Single by Ricky Martin

from the album Ricky Martin
- Released: September 9, 1991
- Recorded: 1990–1991
- Genre: Latin pop
- Length: 4:13
- Label: Sony Music Mexico; CBS Discos;
- Songwriters: Mariano Pérez; Carlos Goméz;
- Producer: Mariano Pérez

Ricky Martin singles chronology
|  | "Fuego Contra Fuego" (1991) | "El Amor de Mi Vida" (1991) |

Audio
- "Ricky Martin - Fuego Contra Fuego (Audio)" on YouTube

= Fuego Contra Fuego =

"Fuego Contra Fuego" (English: "Fire Against Fire") is the debut single by Puerto Rican singer Ricky Martin from his debut solo studio album Ricky Martin '91 (1991). It was released by Sony Music Mexico and CBS Discos on September 9, 1991 (see 1991 in music). A music video was also released.
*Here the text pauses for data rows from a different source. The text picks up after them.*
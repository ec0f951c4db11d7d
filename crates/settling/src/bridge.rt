// A plan as the assignment that it proposes, and back. Both types are other crates', so neither way can be a `From`.
ghost use Rattle.std.specs.Prelude.{◌≡◌, ℕ, ◌<◌, ◌≤◌};
ghost use Rattle.assignment.specs.Plans.{board_price, name_of, role_price};
ghost use Rattle.plans.specs.Plans.{line_of};

use assignment::Assignment;
use plans::{Line, Plan};

// The assignment that the plan proposes.
pub(crate) fn assignment_of(plan: &Plan) -> Assignment
    requires { plan.now.boards ≤ 16 }
    ensures bill { result.bill ≡ plan.now.bill }
    ensures lines { (x : ℕ) → x < plan.now.boards → (name_of result x ≡ (line_of plan.now x).board) × (role_price result x ≡ (line_of plan.now x).u) × (board_price result x ≡ (line_of plan.now x).v) }
{
    let mut naming = [0; 16];
    let mut roles = [0; 16];
    let mut boards = [0; 16];
    for x in 0..plan.boards {
        let line = plan.line(x).unwrap();
        naming[x] = line.board;
        roles[x] = line.u;
        boards[x] = line.v;
    }
    Assignment {
        naming,
        roles,
        boards,
        bill: plan.bill,
    }
}

// The plan for so many boards that the assignment proposes.
pub(crate) fn plan_of(count: usize, found: &Assignment) -> Plan
    requires { count ≤ 16 }
    ensures count { result.boards ≡ count }
    ensures bill { result.bill ≡ found.now.bill }
    ensures lines { (x : ℕ) → x < count → ((line_of result x).board ≡ name_of found.now x) × ((line_of result x).u ≡ role_price found.now x) × ((line_of result x).v ≡ board_price found.now x) }
{
    let mut plan = Plan::new(count, found.bill);
    for x in 0..count {
        let line = Line {
            board: found.naming[x],
            u: found.roles[x],
            v: found.boards[x],
        };
        plan.set_line(x, line).unwrap();
    }
    plan
}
The song reached number three on the Hot Latin Songs in the United States. It topped the charts in Uruguay, and reached the top-ten in Mexico, Ecuador, El Salvador and Panama.

In 2001, "Fuego Contra Fuego" was re-recorded and included on Martin's greatest hits album La Historia. In 2008, it was included on another compilation, called 17. The new version was produced by Tommy Torres and Danny López.

==Formats and track listings==
Latin America 7" single
1. "Fuego Contra Fuego"
2. "Te Voy a Conquistar"

Latin America promotional 7" and 12" single
1. "Fuego Contra Fuego" – 4:13

Brazilian promotional 12" single
1. "Fogo Contra Fogo (Fuego Contra Fuego)"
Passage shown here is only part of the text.